Trump’s full smile, in contrast, is always forced: you can tell because it does not match the muscles in his face: we see the smile, but we also see the stress and tension that tells us that he’s faking it. It’s a mask, and not a very good one:

Sometimes it is affirmatively creepy…

…evoking the horror film “Smile” franchise…

He is wise to avoid it. Many have cited Trump’s infrequent smiles to accuse him of not having a sense of humor, which is Trump Derangement: he is one of our most naturally comic Presidents. Like Ronald Reagan, a trained actor, he knows that humor is usually communicated with a dead-pan expression: the audience is supposed to smile, not the comedian.

Back to the portrait however: it is serious, but the image is only menacing or sinister to those who want Trump to fail.

15 thoughts on “On Trump’s Second Term Portrait

  1. You often tout every President as being unprecedented and therefore there are no “norms” when it comes to presidencies.

    But for the minutiae of the official portrait- there’s a pretty clear trend and it’s one Trump I don’t think should’ve bucked.

    Instead of coming across communicating a message of toughness and seriousness- to the contrary, he looks quite unserious.

      • As I am cautiously hopeful that, based on experience, the barely managed chaos of the Trump regime redux, will tend to turn out good for America and the world, my perception isn’t based on Trump. I think his presidential portrait looks quite unserious. The mugshot photo was great. But this ain’t a mugshot photo.

  2. It’s menacing or threatening to the people he wants to have fired because they’re either incompetent, are doing nothing, or are a threat to the wellbeing of the nation.

  3. Anybody who lets the portrait drive them into deeper derangement and fear ought to place it in the context of Trump’s announcement of the 250th nation’s birthday festivities… Which I suspect their source of media has hidden from them.

  4. So, THAT’s the official portrait that will go up in post offices and other governmental offices all across the nation and the world? In embassies even? Hah! It will be terrifying. It will say, “Get to work! Do something productive! Make America Great Again!” Hilarious.
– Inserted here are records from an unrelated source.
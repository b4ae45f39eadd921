// One message object: what a filtering, a delivery, a receive and an initialise leave of it.
ghost use Rattle.std.specs.Prelude.{◌≡◌, ◌+◌, ◌≤◌, ◌<◌, length};
ghost use Rattle.table.specs.Records.{most_ipdus};
ghost use Rattle.filter.specs.Filters.{CountFits};
ghost use Rattle.config.specs.declared.Direction.TheVariants.{Send};
ghost use Rattle.state.specs.Layout.{row_size, object_row, object_state, with_object_state};
ghost use Rattle.state.specs.Updates.{with_old, with_value, with_queue};
ghost use Rattle.message.specs.Objects.{Placed, passes_filter, after_filter, delivered, deliver, pack, unpack, initialise_as, initialise};
ghost use Rattle.queue.specs.Queues.{Held};

use super::ARRIVED;
use config::{Direction, Object};
use state::{ObjectState, SLOTS};
use table::{NONE, ObjectNumber};

// Delivers a value to a receive object.
#[tactic(auto, unfolding(crate::specs::Objects::deliver))]
pub fn deliver(m: &mut [u8], number: ObjectNumber, o: Object, v: u32)
    requires held { Held o.depth number.0 m.old }
    requires count_fits { CountFits o.filter (object_state m.old number.0).occurrence }
    ensures { m.new ≡ deliver o number.0 v m.old }
{
    let s = state::object_state(m, number);
    let passed = filter::passes(o.signed, o.filter, v, s.old, s.occurrence);
    queue::enqueue(
        m,
        passed & (s.count < o.depth),
        queue::place_at(o.depth, s, s.count),
        v,
    );
    state::set_object_state(m, number, delivered(passed, o, v, s));
}

// Filters a value on the sending side, and answers whether it passed.
pub fn filter_sent(m: &mut [u8], number: ObjectNumber, o: Object, v: u32) -> bool
    requires row_size_in_bounds { object_row number.0 + row_size ≤ length m.old }
    requires count_fits { CountFits o.filter (object_state m.old number.0).occurrence }
    ensures passed { result ≡ passes_filter o v (object_state m.old number.0) }
    ensures row { m.new ≡ with_object_state m.old number.0 (after_filter result o v (object_state m.old number.0)) }
{
    let s = state::object_state(m, number);
    let passed = filter::passes(o.signed, o.filter, v, s.old, s.occurrence);
    state::set_object_state(m, number, after_filter(passed, o, v, s));
    passed
}

// Packs a value into the object's I-PDU, where it has one. With none its number is `NONE`, as the definition of `config`'s `Object` has it.
#[tactic(auto, unfolding(crate::specs::Objects::pack))]
pub fn pack(m: &mut [u8], o: Object, v: u32)
    requires { Placed o m.old }
    ensures { m.new ≡ pack o v m.old }
{
    let k = o.ipdu.0;
    if k == NONE {
        return;
    }
    bits::pack_slot(m, SLOTS + 8 * (k as usize), o.order, o.at, o.size, v);
}

// The value that an object has in its I-PDU.
#[tactic(auto, unfolding(crate::specs::Objects::unpack))]
pub fn unpack(m: &[u8], o: Object) -> u32
    requires placed { Placed o m.now }
    requires ipdu_lt_most_ipdus { o.ipdu.0 < most_ipdus }
    ensures { result ≡ unpack o m.now }
{
    let k = o.ipdu.0 as usize;
    bits::unpack_slot(m, SLOTS + 8 * k, o.order, o.signed, o.at, o.size)
}

// Sets the value of an object, with no filter and no request.
#[tactic(auto, unfolding(crate::specs::Objects::initialise))]
pub fn initialise(m: &mut [u8], number: ObjectNumber, o: Object, v: u32)
    requires row_size_in_bounds { object_row number.0 + row_size ≤ length m.old }
    requires placed { Placed o m.old }
    ensures { m.new ≡ initialise o number.0 v m.old }
{
    match o.direction {
        Direction::Send => initialise_send(m, number, o, v),
        Direction::Receive => initialise_receive(m, number, v),
    }
}

fn initialise_send(m: &mut [u8], number: ObjectNumber, o: Object, v: u32)
    requires row_size_in_bounds { object_row number.0 + row_size ≤ length m.old }
    requires placed { Placed o m.old }
    ensures { m.new ≡ initialise_as Send o number.0 v m.old }
{
    let s = state::object_state(m, number);
    state::set_object_state(m, number, ObjectState { old: v, ..s });
    pack(m, o, v);
}

fn initialise_receive(m: &mut [u8], number: ObjectNumber, v: u32)
    requires { object_row number.0 + row_size ≤ length m.old }
    ensures { m.new ≡ with_object_state m.old number.0 (with_old v (with_value v (with_queue 0 0 0 (object_state m.old number.0)))) }
{
    let s = state::object_state(m, number);
    let next = ObjectState {
        old: v,
        value: v,
        overflow: 0,
        head: 0,
        count: 0,
        ..s
    };
    state::set_object_state(m, number, next);
}

// The numbers of an object after a filtering.
#[tactic(auto, unfolding(crate::specs::Objects::after_filter))]
fn after_filter(passed: bool, o: Object, v: u32, s: ObjectState) -> ObjectState
    requires { CountFits o.filter s.occurrence }
    ensures { result ≡ after_filter passed o v s }
{
    let counted = ObjectState {
        occurrence: filter::next_count(o.filter, s.occurrence),
        ..s
    };
    if passed {
        ObjectState { old: v, ..counted }
    } else {
        counted
    }
}

// The numbers of an object after a delivery.
#[tactic(auto, unfolding(crate::specs::Objects::delivered, crate::specs::Objects::marked))]
fn delivered(passed: bool, o: Object, v: u32, s: ObjectState) -> ObjectState
    requires { CountFits o.filter s.occurrence }
    ensures { result ≡ delivered passed o v s }
{
    let next = after_filter(passed, o, v, s);
    if !passed {
        next
    } else if o.depth == 0 {
        ObjectState {
            value: v,
            marks: next.marks | ARRIVED,
            ..next
        }
    } else if next.count < o.depth {
        ObjectState {
            count: next.count + 1,
            marks: next.marks | ARRIVED,
            ..next
        }
    } else {
        ObjectState {
            overflow: 1,
            ..next
        }
    }
}
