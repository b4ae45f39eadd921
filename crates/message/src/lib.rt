// One message object: filtering, delivery, its queue, its marks, and the bits of an object in its I-PDU. Its functions work on an accepted
// table and a working memory that was found in range.
#![tactic(auto)]

mod objects;

pub use objects::{deliver, filter_sent, initialise, pack, unpack};

// The marks of an object, added. The numbers are those that the C interface returns.
pub const ARRIVED: u32 = 1;

pub const SENT: u32 = 2;

pub const RECEIVE_ERROR: u32 = 4;

pub const SEND_ERROR: u32 = 8;
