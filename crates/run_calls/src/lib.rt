// What the store of a run is asked: each entry that the driver makes comes with the call that it tells of, and the book keeps of that
// call what it has to. The definitions stand in specs/; here are laws that hold for every list of entries.
#![tactic(auto)]

pub mod book;
pub mod driver;
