//! Why an instruction that takes memory was not done.

ghost use Rattle.std.specs.Prelude.{◌≡◌};
ghost use Rattle.enclave_build.specs.declared.build_refusal.BuildRefusal.TheVariants as ends;

use sgx_rules::refusals::Refusal;
use sgx_types::names::Memory;

/// Why an instruction that takes memory was not done: the first case of its row that holds, or want of memory.
#[derive(Clone, Copy, Debug, PartialEq, Eq)]
pub enum BuildRefusal {
    Refused(Refusal),
    Memory,
}

impl From<Memory> for BuildRefusal {
    ghost from_gives = { λ _ end. end ≡ ends.Memory };

    fn from(_memory: Memory) -> BuildRefusal {
        BuildRefusal::Memory
    }
}
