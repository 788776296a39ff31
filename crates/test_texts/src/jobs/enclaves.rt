//! Jobs of two enclaves, and what is wrong with others.

use crate::same::are_same;
use job_grammar::jobs::{EnclaveJob, Job, Op, PageLine, needed};
use sgx_types::names::Perm;
use std::process::Abort;

// Two enclaves at the same base: A is measured, B is plain and has one more page.
pub const TWO: &str = "epc 10
enclave A 0x10000 0x10000
tcs 0 1 1
reg 1 1 rw 0
reg 2 1 r 7
enclave B 0x10000 0x8000
reg 4 2 r 9 plain
tcs 0 1 1 plain
reg 1 1 rw 0 plain
cpu 0
eenter B 0
load 0x5ff8
load 0x4000
eexit
";

const FIRST_LINE: PageLine = PageLine::Tcs {
    page: 0,
    ossa: 1,
    nssa: 1,
    plain: false,
};

const SECOND_LINE: PageLine = PageLine::Reg {
    first: 4,
    count: 2,
    perm: Perm {
        r: true,
        w: false,
        x: false,
    },
    value: 9,
    plain: true,
};

const SCRIPT: [Op; 4] = [
    Op::Enter { enclave: 2, tcs: 0 },
    Op::Load { off: 0x5ff8 },
    Op::Load { off: 0x4000 },
    Op::Exit,
];

// An enclave's base and size, the number of its lines, and the first.
fn outline(enclave: &EnclaveJob) -> (u64, u64, usize, Option<PageLine>) {
    (
        enclave.base,
        enclave.size,
        enclave.lines.len(),
        enclave.lines.first().copied(),
    )
}

pub fn is_two(rt: &impl Abort, job: &Job) {
    let counts = (job.epc(), job.enclaves().len(), job.va_pages(), needed(job));
    are_same(rt, counts, (10, 2, 1, 7));
    are_same(
        rt,
        job.enclaves().first().map(outline),
        Some((65536, 65536, 3, Some(FIRST_LINE))),
    );
    are_same(
        rt,
        job.enclaves().get(1).map(outline),
        Some((65536, 32768, 3, Some(SECOND_LINE))),
    );
    for script in job.scripts() {
        are_same(rt, script.as_slice(), SCRIPT.as_slice());
    }
}

pub const PARTS: &str = "\
    a frame to spare|epc 10|epc 11|Read;\
    a frame too few|epc 10|epc 9|Read;\
    a script that enters A|B 0\nload 0x5ff8\nload 0x4000|A 0\nload 0x2000|Read;\
    a load from B of a page that only A has|load 0x4000|load 0x2000|Read;\
    a load from outside past B, which is smaller than A|load 0x4000|outload B 0x8000|13 Range;\
    a load from outside of the same page of A|load 0x4000|outload A 0x8000|Read;\
    a resumption in A by its TCS page|load 0x4000|eresume A 0|Read;\
    an entry into B by a page that is a TCS page of A alone|tcs 0 1 1 plain|tcs 3 1 1 plain|11 Missing;\
    an enclave without pages|enclave B 0x10000 0x8000\nreg 4 2 r 9 plain\ntcs 0 1 1 plain\nreg 1 1 rw 0 plain\ncpu 0\neenter B 0\nload 0x5ff8\nload 0x4000\n|enclave B 0x0 0x2000\ncpu 0\neenter A 0\n|Read;\
    an entry into an enclave without pages|enclave B 0x10000 0x8000\nreg 4 2 r 9 plain\ntcs 0 1 1 plain\nreg 1 1 rw 0 plain\ncpu 0\neenter B 0\nload 0x5ff8\nload 0x4000\n|enclave B 0x0 0x2000\ncpu 0\neenter B 0\n|8 Missing;\
    a letter left out|enclave B|enclave C|6 Order;\
    letters in another order|enclave A|enclave B|2 Order;\
    a page line before the first enclave|enclave A|reg 5 1 r 0\nenclave A|2 Order;\
    an entry into a second enclave|eexit\n|eexit\neenter A 0\neexit\n|Read";

// The numbers 0 to 31.
pub const DIGEST: [u8; 32] = [
    0, 1, 2, 3, 4, 5, 6, 7, 8, 9, 10, 11, 12, 13, 14, 15, 16, 17, 18, 19, 20, 21, 22, 23, 24, 25,
    26, 27, 28, 29, 30, 31,
];

pub type Digest = Option<[u8; 32]>;

// The digests that the first two enclaves expect.
pub fn expects(rt: &impl Abort, job: &Job, one: &Digest, other: &Digest) {
    let first = job.enclaves().first().and_then(|enclave| enclave.expect);
    let second = job.enclaves().get(1).and_then(|enclave| enclave.expect);
    are_same(rt, (first, second), (*one, *other));
}

// `TWO` with a digest within A.
pub const EXPECTING: &str = "epc 10
enclave A 0x10000 0x10000
tcs 0 1 1
reg 1 1 rw 0
expect 000102030405060708090a0b0c0d0e0f101112131415161718191a1b1c1d1e1f
reg 2 1 r 7
enclave B 0x10000 0x8000
reg 4 2 r 9 plain
tcs 0 1 1 plain
reg 1 1 rw 0 plain
cpu 0
eenter B 0
load 0x5ff8
load 0x4000
eexit
";

pub const REFUSED: &str = "\
    twice in A|enclave B|expect 000102030405060708090a0b0c0d0e0f101112131415161718191a1b1c1d1e1f\nenclave B|7 Twice;\
    upper case|1e1f|1E1f|Read;\
    63 digits|1e1f|1e1|5 Word;\
    62 digits|1e1f|1e|5 Word;\
    66 digits|1e1f|1e1f20|5 Word;\
    a letter that is no digit|1e1f|1e1g|5 Word;\
    a prefix|expect |expect 0x|5 Word;\
    no digest|expect 000102030405060708090a0b0c0d0e0f101112131415161718191a1b1c1d1e1f|expect|5 Word;\
    a word more|1e1f|1e1f plain|5 Word;\
    before the first enclave|enclave A|expect 000102030405060708090a0b0c0d0e0f101112131415161718191a1b1c1d1e1f\nenclave A|2 Order;\
    after the processor|eexit\n|eexit\nexpect 000102030405060708090a0b0c0d0e0f101112131415161718191a1b1c1d1e1f\n|16 Order";
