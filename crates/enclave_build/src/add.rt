//! EADD: a page is added to an enclave that is being built.

ghost use Rattle.std.specs.Prelude.{◌≡◌, ◌<◌, ◌≤◌, ◌-◌, ◌^◌, ◌*◌, false, None, Some, OnOk, OnErr, is_some, length};
ghost use Rattle.sgx_types.specs.Pages.{page_at};
ghost use Rattle.sgx_types.specs.Layouts.{flags_of};
ghost use Rattle.sgx_types.specs.Lawful.{is_addable, is_lawful_perm, is_within};
ghost use Rattle.sgx_types.specs.Cases.{first_of_row};
ghost use Rattle.sgx_rules.specs.Table.{add_row};
ghost use Rattle.sgx_rules.specs.inner.Table.{refusal_in};
ghost use Rattle.epcm_entry.specs.inner.EntryView.{is_valid};
ghost use Rattle.epcm_entry.specs.inner.Epc.{entry_at};
ghost use Rattle.epcm_entry.specs.inner.Sights.{sight_in};
ghost use Rattle.secs_state.specs.inner.Secs.{added_at, page_count};
ghost use Rattle.measure_log.specs.Blocks.{eadd_block};
ghost use Rattle.secs_state.specs.inner.Sights.{sight_of};
ghost use Rattle.enclave_build.specs.inner.Build.{Appends, secs_sight, with_added, with_resident};
ghost use Rattle.sgx_types.specs.declared.names.TheConstants.{MOST_FRAMES};
ghost use Rattle.epcm_entry.specs.inner.Sights.{held_in};
ghost use Rattle.secs_state.specs.inner.Resident.{IsCountedIn};

use crate::secs::secs_refusal;
use epcm_entry::epc::Epc;
use measure_log::measure::Measure;
use secs_state::secs::Secs;
use sgx_rules::refusals::Refusal;
use sgx_types::lawful::{PageInit, is_addable, is_lawful_perm, is_within};
use sgx_types::layouts::flags;
use sgx_types::names::{Frame, Kind, Page, Perm};

/// EADD (Intel SDM volume 3D): a free frame becomes page `number` of an enclave that is not initialised, with the bytes
/// of `init`. The log gets the page's offset and SECINFO.FLAGS, and the page counts as resident.
///
/// Refused, in this order, as BadRange where the frame is past the EPC's end; Absent where no frame holds the SECS; Conflict
/// while it is on its way out; IsInit; BadKind where the kind is neither TCS
/// nor REG, or `init` is of the other; BadPerm for W without R, or a TCS with a permission; BadRange where the page or a
/// TCS's state save frames are past the enclave's end, or the TCS has none; PageExists where the page was added before;
/// Conflict where the frame is busy; and FrameBusy where it holds a page.
pub fn eadd(
    epc: &mut Epc,
    secs: &mut Secs,
    log: &mut Measure,
    number: u32,
    frame: Frame,
    kind: Kind,
    perm: Perm,
    init: PageInit,
) -> Result<(), Refusal>
    requires counted { IsCountedIn (length epc.old) (held_in epc.old) secs.old.enclave secs.old }
    requires small { length epc.old ≤ MOST_FRAMES }
    ensures row { refusal_in result
        ≡ first_of_row (add_row number kind perm init (Some (sight_of secs.old)) (secs_sight epc.old secs.old.enclave)
        (is_some (added_at secs.old number))
        (sight_in epc.old frame.0)) }
    ensures done { OnOk result (epc.new ≡ with_added epc.old frame.0 (page_at secs.old.enclave number) kind perm init) }
    ensures secs { OnOk result (secs.new ≡ with_resident secs.old number kind perm) }
    ensures log { OnOk result (Appends log.old log.new (eadd_block (4096 * number) (flags_of kind perm))) }
    ensures counts { OnOk result (IsCountedIn (length epc.new) (held_in epc.new) secs.new.enclave secs.new) }
    ensures refused { OnErr result ((epc.new ≡ epc.old) × (secs.new ≡ secs.old) × (log.new ≡ log.old)) }
{
    if let Some(refusal) = add_refusal(epc, secs, number, frame, kind, perm, init) {
        return Err(refusal);
    }
    // All cases come first: a page that stood in its frame and not in the log would be one that nobody measured.
    let enclave = secs.enclave();
    put_page(epc, frame, Page { enclave, number }, kind, perm, init);
    note_page(secs, number, kind, perm);
    log.add(4096 * u64::from(number), flags(kind, perm));
    Ok(())
}

// The first case of the row that holds.
fn add_refusal(
    epc: &Epc,
    secs: &Secs,
    number: u32,
    frame: Frame,
    kind: Kind,
    perm: Perm,
    init: PageInit,
) -> Option<Refusal>
    requires { IsCountedIn (length epc.now) (held_in epc.now) secs.now.enclave secs.now }
    ensures { result
        ≡ first_of_row (add_row number kind perm init (Some (sight_of secs.now)) (secs_sight epc.now secs.now.enclave)
        (is_some (added_at secs.now number))
        (sight_in epc.now frame.0)) }
{
    if frame.0 >= epc.frames() {
        return Some(Refusal::BadRange);
    }
    if let Some(refusal) = secs_refusal(epc, secs) {
        return Some(refusal);
    }
    if secs.is_init() {
        return Some(Refusal::IsInit);
    }
    if !is_addable(kind, init) {
        return Some(Refusal::BadKind);
    }
    if !is_lawful_perm(kind, perm) {
        return Some(Refusal::BadPerm);
    }
    if !is_within(secs.size(), number, init) {
        return Some(Refusal::BadRange);
    }
    if secs.added(number).is_some() {
        return Some(Refusal::PageExists);
    }
    let entry = epc.entry(frame);
    if entry.is_busy() {
        return Some(Refusal::Conflict);
    }
    if entry.is_valid() {
        return Some(Refusal::FrameBusy);
    }
    None
}

// A free frame holds the page from now on, with its first bytes.
fn put_page(epc: &mut Epc, frame: Frame, page: Page, kind: Kind, perm: Perm, init: PageInit)
    requires within { frame.0 < length epc.old }
    requires vacant { is_valid (entry_at epc.old frame.0) ≡ false }
    ensures { epc.new ≡ with_added epc.old frame.0 page kind perm init }
{
    epc.set(frame, page, kind, perm);
    match init {
        PageInit::Words(value) => epc.fill(frame, value),
        PageInit::Tcs { ossa, nssa } => {
            epc.fill(frame, 0);
            epc.set_word(frame, 2, u64::from(ossa) * 4096);
            epc.set_word(frame, 3, u64::from(nssa) * (1 << 32));
        }
    }
}

// The page is added and resident.
fn note_page(secs: &mut Secs, number: u32, kind: Kind, perm: Perm)
    requires within { number < page_count secs.old.size }
    requires absent { added_at secs.old number ≡ None }
    requires few { secs.old.children < 2 ^ 32 - 1 }
    ensures { secs.new ≡ with_resident secs.old number kind perm }
{
    secs.note_added(number, kind, perm);
    secs.child_added();
}
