//! What jobs that were read tell.

use super::enclaves::{DIGEST, Digest, TWO, expects, is_two};
use super::grammar::{WHOLE, is_whole};
use super::jobs::{FIRST, is_first};
use super::operations::{SCRIPT, has_operations};
use super::texts::Row;
use job_grammar::jobs::Job;
use std::process::Abort;

// What a job that was read tells.
pub enum Told {
    Anything,
    First,
    Whole,
    Two,
    Operations,
    Digests(Digest, Digest),
}

pub fn tells(rt: &impl Abort, job: &Job, told: &Told) {
    match told {
        Told::Anything => {}
        Told::First => is_first(rt, job),
        Told::Whole => is_whole(rt, job),
        Told::Two => is_two(rt, job),
        Told::Operations => has_operations(rt, job),
        Told::Digests(one, other) => expects(rt, job, one, other),
    }
}

// Jobs that are looked at: a text, the part of it that is replaced, and what the job tells.
pub const JOBS: &[(&str, Row<'static>, Told)] = &[
    (
        FIRST,
        ("the first job", "epc 6", "epc 6", "Read"),
        Told::First,
    ),
    (
        WHOLE,
        ("the whole job", "epc 40", "epc 40", "Read"),
        Told::Whole,
    ),
    (TWO, ("two enclaves", "epc 10", "epc 10", "Read"), Told::Two),
    (
        FIRST,
        (
            "every operation",
            "eenter A 0\nload 0x2000\neexit\n",
            SCRIPT,
            "Read",
        ),
        Told::Operations,
    ),
    (
        TWO,
        (
            "a digest first in A",
            "tcs 0 1 1\n",
            "expect 000102030405060708090a0b0c0d0e0f101112131415161718191a1b1c1d1e1f\ntcs 0 1 1\n",
            "Read",
        ),
        Told::Digests(Some(DIGEST), None),
    ),
    (
        TWO,
        (
            "within A",
            "reg 2 1 r 7",
            "expect 000102030405060708090a0b0c0d0e0f101112131415161718191a1b1c1d1e1f\nreg 2 1 r 7",
            "Read",
        ),
        Told::Digests(Some(DIGEST), None),
    ),
    (
        TWO,
        (
            "last in A",
            "enclave B",
            "expect 000102030405060708090a0b0c0d0e0f101112131415161718191a1b1c1d1e1f\nenclave B",
            "Read",
        ),
        Told::Digests(Some(DIGEST), None),
    ),
    (
        TWO,
        (
            "first in B",
            "reg 4 2 r 9",
            "expect 000102030405060708090a0b0c0d0e0f101112131415161718191a1b1c1d1e1f\nreg 4 2 r 9",
            "Read",
        ),
        Told::Digests(None, Some(DIGEST)),
    ),
    (
        TWO,
        (
            "last in B",
            "cpu 0",
            "expect 000102030405060708090a0b0c0d0e0f101112131415161718191a1b1c1d1e1f\ncpu 0",
            "Read",
        ),
        Told::Digests(None, Some(DIGEST)),
    ),
    (
        TWO,
        (
            "in both",
            "enclave B 0x10000 0x8000\nreg 4 2 r 9 plain\ntcs 0 1 1 plain\nreg 1 1 rw 0 plain\ncpu 0",
            "expect 000102030405060708090a0b0c0d0e0f101112131415161718191a1b1c1d1e1f\nenclave B 0x10000 0x8000\n\
            reg 4 2 r 9 plain\ntcs 0 1 1 plain\nreg 1 1 rw 0 plain\n\
            expect ffffffffffffffffffffffffffffffffffffffffffffffffffffffffffffffff\ncpu 0",
            "Read",
        ),
        Told::Digests(Some(DIGEST), Some([255; 32])),
    ),
];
    • That reminds me of a story Abraham Lincoln used to tell. From a Slate review about the accuracy of Spielberg’s “Lincoln”:

      One of Lincoln’s favorite anecdotes sprang from the early days just after the Revolution. Shortly after the peace was signed, the story began, the Revolutionary War hero Ethan Allen “had occasion to visit England,” where he was subject to considerable teasing banter. The British would make “fun of the Americans and General Washington in particular and one day they got a picture of General Washington” and displayed it prominently in the outhouse so Mr. Allen could not miss it. When he made no mention of it, they finally asked him if he had seen the Washington picture. Mr. Allen said, “He thought that it was a very appropriate [place] for an Englishman to Keep it. Why they asked, for said Mr. Allen there is Nothing that Will Make and Englishman Shit So quick as the Sight of Genl Washington.”

      • Hah! I read somewhere that over half of managers in federal offices intend to disobey orders from the Trump administration. Nice. Maybe that photo glaring at them will change their minds? Maybe “unsettling” describes the desired effect.

  5. “Like Ronald Reagan, a trained actor, he knows that humor is usually communicated with a dead-pan expression: the audience is supposed to smile, not the comedian.”

    The best comedians play it off as if they aren’t even aware that they are being funny.

    • Exactly, although as with everything else, there are exceptions. Red Skelton used to laugh at his own jokes. So did Danny Kaye, although he often used a fake laugh that was itself funny. Jack Benny was one of the all time greats in pretending that he didn’t know what he was saying or doing was funny. Harpo Marx did a silent laugh that was funny because it was mimed. The ultimate example was Buster Keaton, aka “The Great Stone Face.” In general, though, the idea is not to even smile when being funny. Doing so is a much an amateur move as saying “Get it?” after telling a joke.